Minnesota Timberwolves
The Wolves didn’t even want to give up Zach LaVine for Jimmy Butler at the trade deadline, let alone Andrew Wiggins. But, again, Westbrook is a much different player. Butler is an All-Star; Westbrook is an elite generational talent. Some combo of LaVine, Wiggins and No. 5 overall pick Kris Dunn could be an enticing offer — and one the Thunder have to consider.

Miami Heat
Justise Winslow is the only enticing player on Miami’s roster, but unloading Chris Bosh’s contract and attaching a few draft picks with Winslow for Westbrook and Kyle Singler’s contract isn’t a bad start to a rebuild. And, who knows, maybe Westbrook would even consider staying in South Beach.

Brooklyn Nets
It’s New York, and once those Boston picks are out of the way they can start dealing first rounders again. (We’re only kind of kidding.) A pick swap in 2019 and sending your own outright selection in 2020 seems silly when you realize they’d only make their own first-round pick once (2015) over a seven-season span, but it’s a price you have to pay if you can get Westbrook. The Nets don’t offer much in the way of prospects or even immediate return, but they can absorb the contract into their seemingly endless cap space and send OKC a trade exception. Plus, it’s New York (ish) so Westbrook might actually want to stay. It’s a long shot, but if everyone else says no, it’s (kind of) better than nothing.

Chicago Bulls
It’s a big market, Westbrook immediately gets to team up with another All-Star in Butler, and Chicago can offer young assets like Doug McDermott, Nikola Mirotic, Bobby Portis and Tony Snell.

Indiana Pacers
Indiana might as well be basketball mecca, though basketball might literally be the only thing that appeals to Westbrook in the midwest. Still, a chance to play with Paul George could be appealing. A package of Jeff Teague, Myles Turner and draft picks isn’t a bad kick start for OKC.

Utah Jazz
It doesn’t feel like Westbrook would ever stay there, but maybe a swap with Gordon Hayward, whose contract also is expiring, could be appealing.

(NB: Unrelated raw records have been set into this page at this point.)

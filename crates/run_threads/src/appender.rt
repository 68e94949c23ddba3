//! A logger's file, and what waits to be appended to it.

use crate::outcome::Written;
use crate::progress::RunProgress;
use book::{Engine, Taken};
use lane_logger::{LaneLogger, LoggedRun};
use log_disk::Disk;
use logger::Logger;
use money::Refusal;
use std::marker::Model;
use std::sync::Wait;

/// A logger, with the batch that it couldn't append for want of memory, and whether it has stopped for good. That its
/// file is a lane of its stream is the logger's own to keep.
#[derive(Drop)]
pub(crate) struct Appender<K: LoggedRun, D: Disk> {
    logger: LaneLogger<K, D>,
    number: u16,
    waiting: Option<Taken<K>>,
    has_stopped: bool,
}

impl<K: LoggedRun, D: Disk> Model for Appender<K, D> {
    ghost use Rattle.std.specs.Prelude.{◌≡◌, ◌<◌, true, None};
    ghost use Rattle.run_threads.specs.Appending.{AppenderView};

    ghost Value = { AppenderView D };

    ghost view = { λ a. record { logger = a.logger; waiting = a.waiting; has_stopped = a.has_stopped } };

    ghost invariant = { λ a. (a.number < K.run.board.plan.loggers) × (a.has_stopped ≡ true → a.waiting ≡ None) };
}

impl<K: LoggedRun, D: Disk> Appender<K, D> {
    ghost use Rattle.std.specs.Prelude.{◌≡◌, ◌↔◌, false, IsSome, IsTrue};
    ghost use Rattle.lane_logger.specs.Found.{IsFoundIn};
    ghost use Rattle.run_threads.specs.Appending.{ComesOf, IsAppenderIdle, Retries, Turns};

    /// A logger that has taken nothing yet.
    pub(crate) fn new(engine: &Engine<K>, logger: Logger<D>) -> Appender<K, D>
        requires { IsFoundIn K.run.board K.found D.is_modelled D.seen D.story logger }
        ensures logger { result.logger.logger ≡ logger }
        ensures idle { IsAppenderIdle result }
    {
        let number = logger.file().header().logger;
        Appender {
            logger: LaneLogger::new(engine, logger),
            number,
            waiting: None,
            has_stopped: false,
        }
    }

    /// What waits is tried again; and then, if nothing waits and the logger hasn't stopped, what it takes of the book
    /// is appended, outside the book's lock.
    pub(crate) fn turn<R: Wait>(&mut self, rt: &R, engine: &Engine<K>, progress: &RunProgress)
        ensures { Turns self.old self.new }
    {
        self.retry(engine, progress);
        if self.is_idle() {
            let taken = self.take(rt, engine);
            self.append(engine, taken, progress);
        }
    }

    /// Tries again what waits, if something does.
    fn retry(&mut self, engine: &Engine<K>, progress: &RunProgress)
        ensures { Retries self.old self.new }
    {
        if let Some(taken) = self.waiting.take() {
            self.append(engine, taken, progress);
        }
    }

    /// Whether it may take.
    fn is_idle(&self) -> bool
        ensures { IsTrue result ↔ IsAppenderIdle self.now }
    {
        self.waiting.is_none() && !self.has_stopped
    }

    /// What the logger is to write of the book.
    fn take<R: Wait>(&self, rt: &R, engine: &Engine<K>) -> Taken<K>
        requires { IsAppenderIdle self.now }
    {
        engine.lock(rt).taken(engine.board(), self.number)
    }

    /// Appends a batch: for want of memory it waits for the next turn, and when the device fails the logger stops for
    /// good. A batch that doesn't begin where the file ends is none of this file's, and stops it too.
    fn append(&mut self, engine: &Engine<K>, taken: Taken<K>, progress: &RunProgress)
        requires { IsAppenderIdle self.old }
        ensures { ComesOf taken self.old self.new }
    {
        if !self.logger.may_append(&taken) {
            self.has_stopped = true;
            return;
        }
        let mut taken = taken;
        match self.logger.turn(engine, &mut taken) {
            Ok(durable) => progress.note_durable(durable),
            Err(Refusal::OutOfMemory) => self.waiting = Some(taken),
            Err(_) => self.has_stopped = true,
        }
    }

    /// Whether a batch waits, for which there was no memory.
    pub(crate) fn waits(&self) -> bool
        ensures { IsTrue result ↔ IsSome self.now.waiting }
    {
        self.waiting.is_some()
    }

    /// The logger, whether it has stopped, and whether a batch waits.
    pub(crate) fn end(self) -> Written<D>
        requires { self.has_stopped ≡ false → self.logger.logger.file.failed ≡ false }
        ensures logger { result.logger ≡ self.logger.logger }
        ensures has_stopped { result.has_stopped ≡ self.has_stopped }
        ensures lacks_memory { IsTrue result.lacks_memory ↔ IsSome self.waiting }
    {
        let lacks_memory = self.waits();
        let Appender {
            logger,
            number: _,
            waiting: _,
            has_stopped,
        } = self;
        let (logger, _) = logger.end();
        Written {
            logger,
            has_stopped,
            lacks_memory,
        }
    }
}
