//! A terminal whose district takes two orders more, and all that it asks for besides.
ghost use Rattle.std.specs.Prelude.{◌≡◌, [], length, All, IfOk};
ghost use Rattle.lane_logger.specs.Found.{new_files};
ghost use Rattle.book.specs.Parts.{IsOpenedAs, IsLedgerOf, base_of, loggers_of, terminals_of};

use crate::stage::one_log;
use book::{Closed, Engine, Parts, Run, Seats};
use lane_logger::LoggedRun;
use log_disk::Memory;
use money::Refusal;
use population::Population;
use run_threads::{Counts, Desks, Station, run};
use std::alloc::Global;
use std::marker::Brand;
use std::sync::Wait;
use std::test::Fail;
use std::thread::Threads;
use tables::{Input, Scale};
use terminals::Calls;
use terminals_deck::{Deck, Settings};

/// How many inputs the terminal has.
const INPUTS: u32 = 200;

/// How many orders the district takes behind those of its ten customers.
const ORDERS: u32 = 2;

fn deck(scale: Scale) -> Deck
    ensures { result.scale ≡ scale }
{
    Deck::new(scale, Settings::usual(), 1, 0)
}

/// The station of terminal 0.
fn stations(alloc: Global, scale: Scale) -> Result<Vec<Station<Calls>>, Refusal>
    ensures count { IfOk result (λ stations. length stations.items ≡ 1) }
    ensures decks { IfOk result (λ stations. All (λ station. station.deck.scale ≡ scale) stations.items) }
{
    let mut stations = Vec::new(alloc);
    stations.push(Station {
        deck: deck(scale),
        gate: Calls::default(),
    })?;
    Ok(stations)
}

/// What a run comes to.
#[derive(Clone, Copy, Debug, Default, PartialEq, Eq)]
struct Seen {
    commits: u64,
    rollbacks: u64,
    gave_up: u64,
    refused: u64,
    /// How many of the commits are Payments.
    payments: u64,
}

impl Seen {
    /// Counts what is to come of an input: an order that has all its items is the district's, as long as that takes
    /// one.
    fn note(&mut self, scale: Scale, orders: &mut u32, input: &Input) {
        match input {
            Input::NewOrder(order)
                if order
                    .lines
                    .as_slice()
                    .iter()
                    .any(|line| line.item > scale.items()) => {
                self.rollbacks = self.rollbacks.saturating_add(1);
            }
            Input::NewOrder(_) if *orders == 0 => self.refused = self.refused.saturating_add(1),
            Input::NewOrder(_) => {
                *orders = orders.saturating_sub(1);
                self.commits = self.commits.saturating_add(1);
            }
            other => {
                self.payments = self.payments.saturating_add(payments_in(other));
                self.commits = self.commits.saturating_add(1);
            }
        }
    }

    fn of<K: Run>(counts: &Counts, closed: &Closed<K>) -> Seen {
        let history = closed.history().iter();
        Seen {
            commits: counts.commits,
            rollbacks: counts.rollbacks,
            gave_up: counts.gave_up,
            refused: counts.refused,
            payments: history.fold(0u64, |sum, entry| {
                sum.saturating_add(payments_in(&entry.input))
            }),
        }
    }
}

fn payments_in(input: &Input) -> u64 {
    match input {
        Input::Payment(_) => 1,
        _ => 0,
    }
}

/// What is to come of the deck's inputs.
fn wanted(alloc: Global, scale: Scale) -> Result<Seen, Refusal> {
    let (mut deck, mut orders) = (deck(scale), ORDERS);
    let mut seen = Seen::default();
    for _ in 0..INPUTS {
        seen.note(scale, &mut orders, &deck.next(alloc)?);
    }
    Ok(seen)
}

/// Runs the inputs of the terminal.
fn run_of<K: LoggedRun + Send + Sync, R: Threads + Wait + Sync>(
    rt: &R,
    alloc: Global,
    parts: Parts,
) -> Result<Seen, Refusal>
    requires run { IsOpenedAs parts K.run }
    requires ledger { IsLedgerOf parts K.name K.parts }
    requires named { K.found ≡ new_files 1 K.run.first.scale 0 }
    requires loggers { (loggers_of parts ≡ 1) × (base_of parts ≡ 0) }
    requires terminals { terminals_of parts ≡ 1 }
{
    let (engine, seats) = Engine::<K>::open(parts);
    let Seats {
        clock,
        loggers,
        terminals,
    } = seats;
    let disk = Memory::new(alloc);
    let logs = one_log(alloc, engine.population(), engine.board(), loggers, disk)?;
    let stations = stations(alloc, engine.population().scale())?;
    let desks = Desks { clock, terminals };
    let outcome = run(rt, alloc, engine, desks, logs, stations, INPUTS)?;
    Ok(Seen::of(&outcome.counts, &outcome.closed))
}

#[test]
fn payments_commit_behind_an_order_that_is_refused(rt: HostRuntime) -> Result<(), Fail> {
    let scale = Scale::new(1, 1, 10, 20, 10 + ORDERS, 2_000)?;
    let population = Population::plain(rt.alloc(), scale)?;
    let parts = Parts::new(&rt, rt.alloc(), population, 1, 1)?;
    let seen = run_of::<Brand, _>(&rt, rt.alloc(), parts)?;
    assert_eq!(rt; seen, wanted(rt.alloc(), scale)?);
    assert!(rt; seen.refused > 50 && seen.payments > 50);
    Ok(())
}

The Thunder probably would have a better chance to re-sign the former Butler University star than Westbrook, but Utah also has a roster chock-full of young, appealing players like Rudy Gobert, Rodney Hood and Derrick Favors.

Los Angeles Clippers
So this one would have to be a real basketball trade, but even if one of L.A.’s three All-Stars get moved in order to acquire Westbrook, there still are two more to team him with. Chris Paul likely would be the one to go considering the two play the same position, so consider this mega-blockbuster: Westbrook to L.A., Paul to the Cleveland Cavaliers (and buddy LeBron James) and Kyrie Irving to the Thunder. It’s essentially a winning scenario for everyone involved, gets Westbrook where he wants to go, and provides the Thunder with a true star to build around in the post-Durant/Westbrook era. It’s so crazy it just might work.